Why Accidentally Quadratic?
I started this blog because over my career so far as a software engineer, I’ve kept personally running into software that was slow, and wondering why. And when I had time to point a profiler at them and debug the slowness, I would very often discover quadratic behavior, which could usually be drastically improved to linear, with just a little work. I kept running into these, and collecting them in a text file, and then finally I got around to writing them up for this blog.
So why quadratic? Why did I never stumble on accidental cubic behavior? A coworker, learning about this blog concept, remarked that “accidentally quadratic” is less exciting than, say, accidentally factorial. But I’ve never seen one of those in production software, either.
I think it comes down to two reasons, working in concert: It’s easy to write accidentally quadratic systems, and it’s easy to not notice that you’ve done so.

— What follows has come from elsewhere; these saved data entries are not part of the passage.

//! The parser goes forward with one token of look-ahead.

ghost use Rattle.std.specs.Prelude.{None, ◌≡◌, ◌≤◌, ◌+◌, ◌<◌, ◌^◌, false, true, ℕ, List, MatchResult, MatchBool, length};
ghost use Rattle.mit_syntax.specs.Chunks.{sign as a_sign, key as a_key, number as a_number_word, name as a_name_word};
ghost use Rattle.mit_parser.specs.Words.{told, word, the_end, is, head_symbol, first_pos, kind_of, symbol_of};
ghost use Rattle.mit_parser.specs.Operators.{op_at};
ghost use Rattle.mit_parser.specs.Scope.{kept, labels_in, label_fault};
ghost use Rattle.mit_parser.specs.Meaning.{label};
ghost use Rattle.mit_parser.specs.Machine.{want, a_name, a_number};
ghost use Rattle.mit_parser.specs.State.{AreSound, begin, with_fault};
ghost use Rattle.mit_parser.specs.Reads.{Passed, Over, Refused, Found, Took, TookName, Accepted, NotAccepted, OnlyEnd, TookMark, TookNumber};

use crate::counts::{Counts, counted, is_over};
use crate::fault::ParseFault;
use crate::names::label_use;
use crate::operators::op_at;
use label_lattice::label::Label;
use label_lattice::lattice::Lattice;
use label_lattice::name::Name;
use mit_syntax::ast::Op;
use mit_syntax::token::{Keyword, Sign, Token, TokenKind};
use std::marker::Model;
use text_base::pos::Pos;

/// What is left of the tokens of a text, the limited counts, the first fault of names, and how many
/// mitigates there were. The last token stays.
#[derive(Drop)]
pub struct Parser<'a> {
    text: &'a [u8],
    rest: &'a [Token],
    counts: Counts,
    fault: Option<ParseFault>,
    marks: u32,
}

impl<'a> Model for Parser<'a> {
    ghost use Rattle.mit_parser.specs.State.{State};

    ghost Value = { State };

    ghost use Rattle.mit_parser.specs.Inside.{state_of, IsKept};

    ghost view = { state_of };

    ghost invariant = { IsKept };
}

impl<'a> Parser<'a> {
    /// A parser before the first token of a text.
    pub fn new(text: &'a [u8], tokens: &'a [Token]) -> Parser<'a>
        requires { AreSound text.now tokens.now }
        ensures { result ≡ begin (told text.now tokens.now) }
    {
        Parser {
            text,
            rest: tokens,
            counts: Counts {
                depth: 0,
                operators: 0,
                at: false,
                marks: false,
            },
            fault: None,
            marks: 0,
        }
    }

    /// Says nothing at run time: there are few tokens, and few brackets are open.
    pub fn laws(&self)
        ensures few { length self.now.words ≤ 2 ^ 31 }
        ensures low { self.now.counts.depth ≤ 100 }
    {
        let _ = &self.rest;
    }

    /// What the first token is.
    pub fn kind(&self) -> TokenKind
        ensures { result ≡ kind_of (head_symbol self.now.words) }
    {
        self.rest[0].kind
    }

    /// Where the first token stands.
    pub fn pos(&self) -> Pos
        ensures { result ≡ first_pos self.now.words }
    {
        self.rest[0].pos
    }

    /// Why the first token is refused.
    pub fn unexpected(&self) -> ParseFault
        ensures { Found result self.now }
    {
        ParseFault::Unexpected(self.rest[0].pos)
    }

    /// The first fault of names so far.
    pub fn fault(&self) -> Option<ParseFault>
        ensures { result ≡ self.now.fault }
    {
        self.fault
    }

    /// Whether only the end is left.
    pub fn is_at_end(&self) -> bool
        ensures { MatchBool result (OnlyEnd self.now.words) (is the_end (head_symbol self.now.words) ≡ false) }
    {
        match self.rest[0].kind {
            TokenKind::End => true,
            _ => false,
        }
    }

    /// Takes the first token, which is not the end, unless it passes a limit.
    pub fn advance(&mut self) -> Result<(), ParseFault>
        requires { is the_end (head_symbol self.old.words) ≡ false }
        ensures { MatchResult result (λ _. Passed self.old self.new) (λ f. Over self.old self.new f) }
    {
        let counts = counted(self.counts, self.rest[0].kind);
        if is_over(counts) {
            return Err(ParseFault::TooDeep(self.rest[0].pos));
        }
        self.counts = counts;
        self.rest = &self.rest[1..];
        Ok(())
    }

    /// Takes `mitigate`, unless it passes a limit, and tells its number.
    pub fn mitigate(&mut self) -> Result<u32, ParseFault>
        requires { kind_of (head_symbol self.old.words) ≡ TokenKind.Key Keyword.Mitigate }
        ensures { MatchResult result (λ k. TookMark k self.old self.new) (λ f. Over self.old self.new f) }
    {
        let mark = self.marks;
        self.advance()?;
        self.marks = mark + 1;
        Ok(mark)
    }

    /// The operator of a rank (1, 2 or 3) that the first token is.
    pub fn op_at(&self, rank: u32) -> Option<Op>
        ensures { result ≡ op_at rank (head_symbol self.now.words) }
    {
        op_at(rank, self.kind())
    }

    /// Keeps a fault of names, unless there is one already.
    pub fn note(&mut self, fault: Option<ParseFault>)
        ensures { self.new ≡ with_fault self.old (kept self.old.fault fault) }
    {
        if self.fault.is_none() {
            self.fault = fault;
        }
    }

    /// Whether the first token is this sign.
    pub fn at_sign(&self, sign: Sign) -> bool
        ensures { result ≡ is (word (a_sign sign)) (head_symbol self.now.words) }
    {
        match self.kind() {
            TokenKind::Sign(s) => s as u8 == sign as u8,
            _ => false,
        }
    }

    /// Whether the first token is this keyword.
    pub fn at_key(&self, key: Keyword) -> bool
        ensures { result ≡ is (word (a_key key)) (head_symbol self.now.words) }
    {
        match self.kind() {
            TokenKind::Key(k) => k as u8 == key as u8,
            _ => false,
        }
    }

    /// Takes this sign.
    pub fn sign(&mut self, sign: Sign) -> Result<(), ParseFault>
        ensures { MatchResult result (λ _. Took (word (a_sign sign)) self.old self.new) (Refused (want (word (a_sign sign))) self.old self.new) }
    {
        if !self.at_sign(sign) {
            return Err(self.unexpected());
        }
        self.advance()
    }

    /// Takes this keyword.
    pub fn key(&mut self, key: Keyword) -> Result<(), ParseFault>
        ensures { MatchResult result (λ _. Took (word (a_key key)) self.old self.new) (Refused (want (word (a_key key))) self.old self.new) }
    {
        if !self.at_key(key) {
            return Err(self.unexpected());
        }
        self.advance()
    }

    /// Takes this sign if it is there.
    pub fn accept_sign(&mut self, sign: Sign) -> Result<bool, ParseFault>
        ensures { MatchResult result (Accepted (word (a_sign sign)) self.old self.new) (NotAccepted (word (a_sign sign)) self.old self.new) }
    {
        if !self.at_sign(sign) {
            return Ok(false);
        }
        self.advance()?;
        Ok(true)
    }

    /// Takes this keyword if it is there.
    pub fn accept_key(&mut self, key: Keyword) -> Result<bool, ParseFault>
        ensures { MatchResult result (Accepted (word (a_key key)) self.old self.new) (NotAccepted (word (a_key key)) self.old self.new) }
    {
        if !self.at_key(key) {
            return Ok(false);
        }
        self.advance()?;
        Ok(true)
    }

    /// The name that the first token is.
    pub fn name_here(&self) -> Name
        requires { kind_of (head_symbol self.now.words) ≡ TokenKind.Name }
        ensures { head_symbol self.now.words ≡ word (a_name_word result) }
    {
        match Name::read(self.rest[0].bytes(self.text)) {
            Some(name) => name,
            None => unreachable!(),
        }
    }

    /// Takes a name, and tells where it stands.
    pub fn name(&mut self) -> Result<(Name, Pos), ParseFault>
        ensures { MatchResult result (λ r. TookName r.0 r.1 self.old self.new) (Refused a_name self.old self.new) }
    {
        let pos = self.pos();
        match self.kind() {
            TokenKind::Name => {
                let name = self.name_here();
                self.advance()?;
                Ok((name, pos))
            }
            TokenKind::Key(_) | TokenKind::Number(_) | TokenKind::Sign(_) | TokenKind::End => {
                Err(self.unexpected())
            }
        }
    }

    /// Takes a number, and tells where it stands.
    pub fn number(&mut self) -> Result<(i64, Pos), ParseFault>
        ensures { MatchResult result (λ r. TookNumber r.0 r.1 self.old self.new) (Refused a_number self.old self.new) }
    {
        let pos = self.pos();
        match self.kind() {
            TokenKind::Number(n) => {
                self.advance()?;
                Ok((n, pos))
            }
            TokenKind::Key(_) | TokenKind::Name | TokenKind::Sign(_) | TokenKind::End => {
                Err(self.unexpected())
            }
        }
    }

    /// The label with a name, which is noted where no label has it.
    pub fn label(&mut self, lattice: &Option<Lattice>, name: &Name, pos: Pos) -> Label
        ensures label { result ≡ label (labels_in lattice.now) name.now }
        ensures state { self.new ≡ with_fault self.old (kept self.old.fault (label_fault (labels_in lattice.now) name.now pos)) }
    {
        let (fault, label) = label_use(lattice, name, pos);
        self.note(fault);
        label
    }
}
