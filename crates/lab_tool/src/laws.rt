//! What is true of every answer.

ghost use Rattle.lab_tool.specs.Once.{HasOneAnswer};
ghost use Rattle.lab_tool.specs.Worth.{AnswersAreWorth};

use lab_bound::laws::{
    own_counts_bound_others, sharp_counts_are_enough, sharp_counts_bound_others,
};
use lab_seen::laws::seen_is_bounded;
use lab_why::laws::chains_refute;

/// A law: a question has one answer. Where each file that it names is told to hold bytes and no count of their faults
/// rose, the answer of `lab_main` is one status and one text.
pub fn one_answer()
    ensures { HasOneAnswer }
{}

/// A law: on machines with partitions the printed counts bound what starts show that agree, those of a file and others; what
/// `seen` writes is as few; a chain of `why` refutes every labelling; and what `tune` tells of runs is so of the code that has the other number.
pub fn answers_are_worth()
    ensures { AnswersAreWorth }
{
    sharp_counts_are_enough();
    sharp_counts_bound_others();
    own_counts_bound_others();
    seen_is_bounded();
    chains_refute();
}
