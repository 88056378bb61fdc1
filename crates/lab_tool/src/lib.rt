//! The program `lab` over any files and any place for its text.
#![tactic(auto)]

pub mod laws;
mod main_call;

pub use main_call::lab_main;
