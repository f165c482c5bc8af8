// The checks on a word once it is decoded, in their order.
ghost use Rattle.std.specs.Prelude.{◌≡◌};
ghost use Rattle.usability.specs.Ready as U;

use crate::{Unready, doubleword};
use decode::{Instr, Undecoded};

// A CP0 instruction, or CACHE.
pub fn is_cp0(i: Instr) -> bool
    ensures { result ≡ U.is_cp0 i }
{
    matches!(
        i,
        Instr::Cache | Instr::Move { .. } | Instr::Tlb(_) | Instr::Eret
    )
}

// A branch, a jump or ERET.
pub fn is_branch(i: Instr) -> bool
    ensures { result ≡ U.is_branch i }
{
    matches!(
        i,
        Instr::Branch { .. } | Instr::Jump { .. } | Instr::JumpRegister { .. } | Instr::Eret
    )
}

// Any word, with User mode, CU0 and a pending slot: the first check that refuses it, else the instruction.
#[tactic(auto, unfolding(crate::specs::Ready::ready, crate::specs::Ready::reserved_cop0, crate::specs::Ready::usable, crate::specs::Ready::allowed, crate::specs::Ready::in_place))]
pub fn ready(
    user: bool,
    cu0: bool,
    slot: bool,
    d: Result<Instr, Undecoded>,
) -> Result<Instr, Unready>
    ensures { result ≡ U.ready user cu0 slot d }
{
    let locked = user && !cu0;
    let i = match d {
        Ok(i) => i,
        Err(Undecoded::Coprocessor(unit)) => return Err(Unready::Unusable(unit)),
        Err(Undecoded::ReservedCop0) if locked => return Err(Unready::Unusable(0)),
        Err(Undecoded::ReservedCop0 | Undecoded::Reserved) => return Err(Unready::Reserved),
    };
    if locked && is_cp0(i) {
        return Err(Unready::Unusable(0));
    }
    if user && doubleword::is_double(i) {
        return Err(Unready::Reserved);
    }
    if slot && is_branch(i) {
        return Err(Unready::InSlot);
    }
    Ok(i)
}
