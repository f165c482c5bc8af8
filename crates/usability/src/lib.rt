// Whether the step may go on with a word once it is decoded.
#![tactic(auto)]

pub mod checks; // the checks, in their order
mod doubleword; // the doubleword instructions

// Why the step may not go on to execute it: Coprocessor Unusable with its unit; Reserved Instruction; stop 17.
#[derive(Clone, Copy)]
pub enum Unready {
    Unusable(u8),
    Reserved,
    InSlot,
}
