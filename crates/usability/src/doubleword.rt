// The doubleword instructions and LWU.
ghost use Rattle.std.specs.Prelude.{◌≡◌};
ghost use Rattle.usability.specs.Doubleword as W;

use decode::{
    ArithmeticImmediateOp, ArithmeticOp, Instr, LoadOp, MoveOp, MultiplyOp, ShiftOp,
    ShiftVariableOp, StoreOp,
};

// A load of a doubleword, or LWU.
pub fn double_load(op: LoadOp) -> bool
    ensures { result ≡ W.double_load op }
{
    matches!(
        op,
        LoadOp::LWU | LoadOp::LD | LoadOp::LDL | LoadOp::LDR | LoadOp::LLD
    )
}

// A store of a doubleword.
// Kept: here and below a rule for each group of operations, since each has a type of its own.
pub fn double_store(op: StoreOp) -> bool
    ensures { result ≡ W.double_store op }
{
    matches!(op, StoreOp::SD | StoreOp::SDL | StoreOp::SDR | StoreOp::SCD)
}

// A doubleword sum or difference.
pub fn double_arithmetic(op: ArithmeticOp) -> bool
    ensures { result ≡ W.double_arithmetic op }
{
    matches!(
        op,
        ArithmeticOp::DADD | ArithmeticOp::DADDU | ArithmeticOp::DSUB | ArithmeticOp::DSUBU
    )
}

// A doubleword sum with an immediate.
pub fn double_immediate(op: ArithmeticImmediateOp) -> bool
    ensures { result ≡ W.double_immediate op }
{
    matches!(
        op,
        ArithmeticImmediateOp::DADDI | ArithmeticImmediateOp::DADDIU
    )
}

// A doubleword shift.
pub fn double_shift(op: ShiftOp) -> bool
    ensures { result ≡ W.double_shift op }
{
    matches!(
        op,
        ShiftOp::DSLL
            | ShiftOp::DSRL
            | ShiftOp::DSRA
            | ShiftOp::DSLL32
            | ShiftOp::DSRL32
            | ShiftOp::DSRA32
    )
}

// A doubleword shift by a variable amount.
pub fn double_shift_variable(op: ShiftVariableOp) -> bool
    ensures { result ≡ W.double_shift_variable op }
{
    matches!(
        op,
        ShiftVariableOp::DSLLV | ShiftVariableOp::DSRLV | ShiftVariableOp::DSRAV
    )
}

// A doubleword product or quotient.
pub fn double_multiply(op: MultiplyOp) -> bool
    ensures { result ≡ W.double_multiply op }
{
    matches!(
        op,
        MultiplyOp::DMULT | MultiplyOp::DMULTU | MultiplyOp::DDIV | MultiplyOp::DDIVU
    )
}

// A doubleword move.
pub fn double_move(op: MoveOp) -> bool
    ensures { result ≡ W.double_move op }
{
    matches!(op, MoveOp::DMFC0 | MoveOp::DMTC0)
}

// A doubleword instruction or LWU.
pub fn is_double(i: Instr) -> bool
    ensures { result ≡ W.is_double i }
{
    match i {
        Instr::Load { op, .. } => double_load(op),
        Instr::Store { op, .. } => double_store(op),
        Instr::Arithmetic { op, .. } => double_arithmetic(op),
        Instr::ArithmeticImmediate { op, .. } => double_immediate(op),
        Instr::Shift { op, .. } => double_shift(op),
        Instr::ShiftVariable { op, .. } => double_shift_variable(op),
        Instr::Multiply { op, .. } => double_multiply(op),
        Instr::Move { op, .. } => double_move(op),
        _ => false,
    }
}
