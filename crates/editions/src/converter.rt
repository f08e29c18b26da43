// A tape of one edition as one of the other, in a second buffer. Two passes: the second writes, where the first has found nothing bad.
ghost use Rattle.std.specs.Prelude.{◌≡◌, ◌+◌, ◌/◌, ◌≤◌, length};
ghost use Rattle.std.proofs.lemmas.List.Edits.{sets};
ghost use Rattle.tape.specs.Tape.{record_size};
ghost use Rattle.tape.specs.FirstBad.{first_bad};
ghost use Rattle.editions.specs.Editions.{number, turned, all_turned, convert_answer, convert};

use crate::Edition;
use base::answer;
use tape::{Found, RECORD_SIZE, Read, records};

// The number of a record that cannot be had in the other edition, or 0. A number, as `Found` has one and `number` is defined.
#[tactic(auto, unfolding(crate::specs::Editions::number))]
fn number(d: Edition, s: &[u8]) -> u8
    ensures { result ≡ number d s.now }
{
    match crate::read(d, s) {
        Read::Record { thread, event } => answer::judgement(d.other().has_record(thread, event)),
        Read::Refused(n) => n,
    }
}

// A record in the other edition, at a place of the buffer, which is lent: one slice of it (`tape_writer::put`).
#[tactic(auto, unfolding(crate::specs::Editions::turned))]
fn turn(d: Edition, s: &[u8], buf: &mut [u8], at: usize)
    requires { at + record_size ≤ length buf.old }
    ensures { buf.new ≡ sets buf.old at (turned d s.now) }
{
    let Read::Record { thread, event } = crate::read(d, s) else {
        return;
    };
    tape_writer::put(buf, at, &d.other().bytes(event::fields_of(thread, event)));
}

// All records of a tape that has no bad one.
#[tactic(auto, using(crate::proofs::Laws::one_more, crate::proofs::Laws::none_turned))]
fn turn_all(d: Edition, tape: &[u8], buf: &mut [u8])
    requires tape_in_bounds { length tape.now ≤ length buf.old }
    requires none_bad { (first_bad (number d) tape.now 0 (length tape.now / record_size)).answer ≡ 0 }
    ensures { buf.new ≡ sets buf.old 0 (all_turned d tape.now (length tape.now / record_size)) }
{
    let (records, _) = tape.as_chunks::<RECORD_SIZE>();
    for (k, record) in records.iter().enumerate() {
        turn(d, record, buf, k * RECORD_SIZE);
    }
}

// A whole tape. Refused by 6, then by 10, then by its first bad record, with the buffer unchanged. The answer is a number, as `Found` has it.
#[tactic(auto, unfolding(crate::specs::Editions::convert_answer, crate::specs::Editions::convert))]
pub fn convert(d: Edition, tape: &[u8], buf: &mut [u8]) -> Found
    ensures value { result ≡ convert_answer d tape.now buf.old }
    ensures buf_after { buf.new ≡ convert d tape.now buf.old }
{
    if tape.len() % RECORD_SIZE != 0 {
        return Found {
            answer: answer::TAPE_LENGTH,
            index: tape.len() / RECORD_SIZE,
        };
    }
    if buf.len() < tape.len() {
        return Found {
            answer: answer::SHORT_BUFFER,
            index: 0,
        };
    }
    let found = records::first_bad(tape, |record| number(d, record));
    if found.answer == answer::DONE {
        turn_all(d, tape, buf);
    }
    found
}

Why is it so easy to write quadratic code? Consider linear runtime: In many ways, “linear” is a default runtime for application code. “Linear” means you took some input and did something simple to each element. That’s a very broad description, and linear is the best you can ever hope for if you need to consider all your input. So linear code abounds.
The property of linearity, however, is not closed under composition. (Aside: being polynomial is, which is part of why P is such a useful complexity class). If you do a linear operation linearly many times, you get quadratic! And most programs and systems are built by composing components or functions into larger pieces. So it’s easy to have something linear where that’s fine and normal, but then someone else calls it on each input element, and … accidentally quadratic.
And having written a quadratic algorithm, it’s easy to not notice. The reason is partially that computers are fast, but equally important, I think, is that computer performance spans such a wide range. A single CPU cycle is <1ns on most devices these days. SSD or disk accesses range from 100us to 10ms. Network latencies go from ~1ms in the same DC, to ~200ms to go around the world.
With a range of 10⁹ between what might, in different contexts, be called single operations, program performance on small inputs is almost always dominated by constant factors, and it’s easy for an O(n²) to vanish in the noise. And unless you’re rigorously benchmarking an application, odds are you mostly test on smallish inputs, because those are easy to come by, and also faster to test!
And quadratic initially grows slowly enough that, if your program gets gradually slower as your dataset grows, it’s easy to write it off, and focus on the constant factors. You really need to jump to big cases and draw some graphs, or do some careful source code analysis, to spot the n².
My request to you, readers, is to do the analysis. Draw the graphs. Don’t take slow software for granted. Software doesn’t have to be slow, and you don’t have to live with slow software. The vast majority of the entries on the blog were found and/or fixed by users, not by the original developers. You can help. Profile your tools. Blog your results. File bugs. Be part of the solution.